My own grandmother remarried after being widowed, to what I can only call a dirty old pervert. He was always trying to kiss my girl cousins and me with his mouth open and trying to feel our thighs under our skirts. My parents and my aunts and uncles never allowed us to stay with them so that must have been their gut feeling about him. I was allowed to stay with my other lovely grandparents regularly.

Gardenisablooming · 12/07/2026 14:14

After that comment neither me or my dad's would be in the same house as him ever..

MyArtfulGreySloth · 12/07/2026 14:16

You’re absolutely right op. Can’t believe someone’s voted otherwise!

phoenixrosehere · 12/07/2026 14:20

SALaw · 12/07/2026 13:46

Though fast forward to an 8 year old asking to have a sleep over at her pal’s and you’ll have to consider if that rule stands.

I didn’t go to sleepovers until I was 12/13 under such a rule and found I wasn’t that keen on sleepovers to begin with and preferred visiting people vs staying over and having to call someone if I wanted to leave.

My parents simply said no, need to be a bit older and I accepted that.

Popdropper · 12/07/2026 14:22

Absolutely right to worry about his behaviour/boundaries OP (I speak from experience unfortunately), those comments are disgusting and he would be nowhere near my children in your shoes. Your instincts are good, never doubt them.

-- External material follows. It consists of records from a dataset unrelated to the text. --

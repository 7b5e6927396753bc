//! Why a benchmark stops.

use starlark_hash::NoRoom;
use std::alloc::{AllocError, AllocFailed};
use std::error::Error;
use std::{fmt, io};

/// Why a benchmark stops.
#[derive(Clone, Copy, Debug, PartialEq, Eq)]
pub enum Fault {
    /// A request for memory was refused.
    Memory,
    /// The clock, the arguments or the output failed.
    Io,
    /// Two passes of one workload gave different checksums.
    Checksum,
    /// A map was to do what it is not asked for.
    Map,
    /// The words after the program's name are not those of a benchmark.
    Words,
}

impl From<AllocError> for Fault {
    fn from(_: AllocError) -> Self {
        Fault::Memory
    }
}

impl<T: Drop> From<AllocFailed<T>> for Fault {
    fn from(_: AllocFailed<T>) -> Self {
        Fault::Memory
    }
}

impl<T: Drop> From<NoRoom<T>> for Fault {
    fn from(_: NoRoom<T>) -> Self {
        Fault::Memory
    }
}

impl From<io::Error> for Fault {
    fn from(_: io::Error) -> Self {
        Fault::Io
    }
}

impl fmt::Display for Fault {
    fn fmt<W: fmt::Write>(&self, f: &mut fmt::Formatter<W>) -> fmt::Result {
        match self {
            Fault::Memory => write!(f, "out of memory"),
            Fault::Io => write!(f, "the clock, the arguments or the output failed"),
            Fault::Checksum => write!(f, "two passes gave different checksums"),
            Fault::Map => write!(f, "a workload was run on a map that has no such calls"),
            Fault::Words => write!(
                f,
                "script wants SPACE, PUT and GET, three numbers, SPACE above 0"
            ),
        }
    }
}

impl Error for Fault {}
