//! A script for the script program: a million lines on `SPACE` keys, `PUT` of a hundred `put`, `GET` of a hundred `get`.

use crate::fault::Fault;
use crate::keys::Key;
use crate::workloads::MILLION;
use std::io::{BufWriter, Write};

// The number that a word spells.
fn number(words: &[String], place: usize) -> Result<u64, Fault> {
    match words.get(place) {
        Some(word) => word.parse::<u64>().map_err(|_| Fault::Words),
        None => Err(Fault::Words),
    }
}

/// Writes the script that the words ask for.
pub fn write_script(rt: &HostRuntime, words: &[String]) -> Result<(), Fault> {
    let space = number(words, 1)?;
    let put = number(words, 2)?;
    let get = number(words, 3)?;
    if space == 0 {
        return Err(Fault::Words);
    }
    let mut output = BufWriter::new(rt.alloc(), rt.stdout())?;
    let mut state = 0x2545_f491_4f6c_dd1d_u64;
    for line in 0..MILLION {
        state = state.after();
        let choice = (state >> 32) % 100;
        state = state.after();
        let key = (state >> 32) % space;
        let hash = u32::of(key).wrapping_mul(2_654_435_761);
        if choice < put {
            writeln!(output, "put {hash} k{key} {line}")?;
        } else if choice < put.saturating_add(get) {
            writeln!(output, "get {hash} k{key}")?;
        } else {
            writeln!(output, "del {hash} k{key}")?;
        }
    }
    output.flush()?;
    Ok(())
}
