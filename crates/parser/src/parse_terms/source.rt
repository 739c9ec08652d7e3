// A text and its tokens, as the readers take them.
ghost use Rattle.parser.specs.parse_terms.Texts.{HasTexts};

use tokens_why::Token;

/// The tokens of a text, or the first of them, with the text.
#[derive(Clone, Copy)]
pub struct Source<'a> {
    pub tokens: &'a [Token],
    pub text: &'a [u8],
    ghost texts: { HasTexts text.now tokens.now },
}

Gymnopedie · 12/07/2026 14:22

MyArtfulGreySloth · 12/07/2026 14:16

You’re absolutely right op. Can’t believe someone’s voted otherwise!

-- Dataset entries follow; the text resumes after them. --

// Tokens by their numbers: what each is to the grammar, and its text.
ghost use Rattle.std.specs.Prelude.{true, ◌≡◌, ◌<◌, ◌+◌, length, Some, slice_get, IfOk};
ghost use Rattle.parser.specs.parse_terms.Common.{same, name, integer_word, Int, text_of};
ghost use Rattle.surface.specs.Lexeme.{at as place_at};
ghost use Rattle.parser.specs.parse_terms.Reading.{begins_atom, begins_atype, begins_patom, goes_on_with_field, terminal_at, token_at};
ghost use Rattle.parser.specs.parse_terms.Texts.{HasText};
ghost use Rattle.parser.specs.parse_terms.Sources.{IsTextAt, lexemes};

use crate::parse_terms::source::Source;
use grammar::is_same;
use outside::Text;
use std::alloc::{AllocError, Global};
use surface::{At, Name};
use tokens_why::{Terminal, Token, classify, literal_value};

/// What a token is to the grammar; beyond the last one a word with which no rule begins.
pub fn terminal(source: Source, i: usize) -> Terminal
    ensures { result ≡ terminal_at (lexemes source.entry) i }
{
    if i < source.tokens.len() {
        classify(source.tokens[i].kind)
    } else {
        Terminal::OtherWord
    }
}

/// Whether a terminal is at a token.
pub fn is_at(source: Source, i: usize, sought: Terminal) -> bool
    ensures { result ≡ same sought (terminal_at (lexemes source.entry) i) }
{
    is_same(sought, terminal(source, i))
}

/// The place of what begins at a token, and has no operator between operands.
pub fn place(i: usize) -> At
    ensures { result ≡ place_at i }
{
    At { first: i, main: i }
}

fn token(source: Source, i: usize) -> Token
    requires { i < length source.tokens.now }
    ensures { slice_get source.entry.tokens.now i ≡ Some result }
{
    source.tokens[i]
}

fn bytes(text: &[u8], token: Token) -> &[u8]
    requires { HasText text.now token }
    ensures { result.now ≡ text_of text.now token }
{
    &text[token.start..token.end]
}

/// The text of a token. Only want of memory refuses.
pub fn text(alloc: Global, source: Source, i: usize) -> Result<Text, AllocError>
    requires { i < length source.tokens.now }
    ensures { IfOk result (IsTextAt (lexemes source.entry) i) }
{
    let found = token(source, i);
    let text = Text::from_slice(alloc, bytes(source.text, found))?;
    Ok(text)
}

/// The value of an integer.
pub fn integer(source: Source, i: usize) -> i128
    requires within { i < length source.tokens.now }
    requires integer { same Int (terminal_at (lexemes source) i) ≡ true }
    ensures { integer_word result ≡ (token_at (lexemes source.entry) i).text }
{
    let found = token(source, i);
    match literal_value(bytes(source.text, found)) {
        Some(value) => value,
        None => unreachable!(),
    }
}

/// Whether an argument type begins.
pub fn at_type(source: Source, i: usize) -> bool
    ensures { result ≡ begins_atype (terminal_at (lexemes source.entry) i) }
{
    matches!(
        terminal(source, i),
        Terminal::TyVar | Terminal::Lident | Terminal::Uident | Terminal::LParen
    )
}

/// Whether a part of a pattern begins.
pub fn at_pattern(source: Source, i: usize) -> bool
    ensures { result ≡ begins_patom (terminal_at (lexemes source.entry) i) }
{
    matches!(
        terminal(source, i),
        Terminal::Wild | Terminal::Lident | Terminal::Uident | Terminal::LParen | Terminal::LBrace
    )
}

/// Whether an argument begins.
pub fn at_atom(source: Source, i: usize) -> bool
    ensures { result ≡ begins_atom (terminal_at (lexemes source.entry) i) }
{
    matches!(
        terminal(source, i),
        Terminal::Lident
            | Terminal::Uident
            | Terminal::StarName
            | Terminal::LParen
            | Terminal::Int
            | Terminal::TrueWord
            | Terminal::FalseWord
            | Terminal::MatchWord
            | Terminal::LBrace
    )
}

/// Whether a semicolon and then another field of a record stand from a token on.
pub fn at_next_field(source: Source, i: usize) -> bool
    ensures { result ≡ goes_on_with_field (terminal_at (lexemes source.entry) i)
        (terminal_at (lexemes source.entry) (i + 1)) }
{
    is_at(source, i, Terminal::Semi) && !is_at(source, i + 1, Terminal::RBrace)
}

/// A name with its place. Only want of memory refuses.
pub fn name_at(alloc: Global, source: Source, i: usize) -> Result<Name, AllocError>
    requires { i < length source.tokens.now }
    ensures place { IfOk result (λ n. n.at ≡ i) }
    ensures text { IfOk result (λ n. IsTextAt (lexemes source.entry) i n.text) }
{
    let text = text(alloc, source, i)?;
    Ok(Name { at: i, text })
}
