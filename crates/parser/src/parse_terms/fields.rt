// The fields of a term, each after a dot.
ghost use Rattle.std.specs.Prelude.{◌≡◌, ◌&&◌, IfOk};
ghost use Rattle.parser.specs.parse_terms.Common.{same, Dot, called_of, own_of, tree_of};
ghost use Rattle.parser.specs.parse_terms.Fields.{IsReadFields, is_lower_name};
ghost use Rattle.parser.specs.parse_terms.Reading.{CanRead, terminal_at};
ghost use Rattle.parser.specs.parse_terms.Sources.{lexemes};
ghost use Rattle.grammar.specs.declared.symbols.Symbol.TheVariants as rule;
ghost use Rattle.surface.specs.Lexeme.{at};
ghost use Rattle.surface.specs.Trees.{access};

use crate::parse_terms::names::lower_name;
use crate::parse_terms::source::Source;
use crate::parse_terms::tokens::{is_at, place};
use outside::Boxed;
use std::alloc::{AllocError, Global};
use surface::{Expr, ExprNode, QName, Style};
use tokens_why::{Terminal, terminal_of_text};

/// Whether a name is one in lower case: only of such a one a field may be taken.
fn is_lower_name(name: &QName) -> bool
    ensures { result ≡ is_lower_name (own_of name.now.style name.now.text) }
{
    match name.style {
        Style::Plain => matches!(terminal_of_text(name.text.as_slice()), Terminal::Lident),
        Style::Infix | Style::Prefix | Style::Star => false,
    }
}

/// Whether a field follows a name whose next token this is.
pub fn at_field(source: Source, name: &QName, i: usize) -> bool
    ensures { result ≡ (same Dot (terminal_at (lexemes source.entry) i)
        && is_lower_name (own_of name.now.style name.now.text)) }
{
    is_at(source, i, Terminal::Dot) && is_lower_name(name)
}

/// A field of a term that begins at a token.
fn with_field(alloc: Global, i: usize, of: Expr, field: QName) -> Result<Expr, AllocError>
    ensures { IfOk result (λ e. tree_of e ≡ access (at i) (tree_of of) (called_of field)) }
{
    let held = Boxed::new(alloc, of)?;
    Ok(Expr::new(place(i), ExprNode::Dot(held, field)))
}

/// A term that begins at token `i` with the fields that are read from token `j` on, and the token after them. Only want of
/// memory refuses.
pub fn with_fields(
    alloc: Global,
    source: Source,
    i: usize,
    of: Expr,
    j: usize,
) -> Result<(Expr, usize), AllocError>
    requires { CanRead (lexemes source) rule.Dots j }
    ensures { IfOk result
        (λ r. IsReadFields (lexemes source.entry) i (tree_of of) j (tree_of r.0) r.1) }
{
    let mut whole = of;
    let mut end = j;
    'fields: while is_at(source, end, Terminal::Dot) {
        let (field, next) = lower_name(alloc, source, end + 1)?;
        whole = with_field(alloc, i, whole, field)?;
        end = next;
    }
    Ok((whole, end))
}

Probably @WheresThatCatGoneNow, who wrote:

Oh, for fucks sake!
I haven't read the whole thread, but why does everyone these days seem to immediately suspect a new man in the family dynamic, of having inappropriate intentions towards any available children?
Where has the trust in people gone?

At least reading the OP's posts might have saved her the embarrassment.

DuckbilledSplatterPuff · 12/07/2026 14:34

Elsvieta · 12/07/2026 12:12

"I don't expect you to do anything, I'm just letting you know what I'M doing - not allowing sleepovers while he's around. Thought I'd better give you fair warning before you waste money decorating a girly bedroom". You're the boss here.

This... No Way

And frankly I wouldn't trust your MIL who is using the decorating the bedrooms for your children as a bit of emotional blackmail to encourage you to send them for sleepovers... "Oh but I've got their rooms ready".. she didn't ask before that did she?

I also wouldn't trust her if you said no sleepovers if he's around.. not to say he's not around and then it turns out he actually is and she says "You see, I told you it would be fine" Just to prove her point.

Nothing unsupervised. And hopefully, seeing you taking a firm line on this will have an impact on your BILs decision.

cannynotsay · 12/07/2026 14:34

I’m begging you as someone who was younger and vulnerable. Please don’t let them. If they go to her for help it sounds like she’ll shut them down too. Please protect your babies.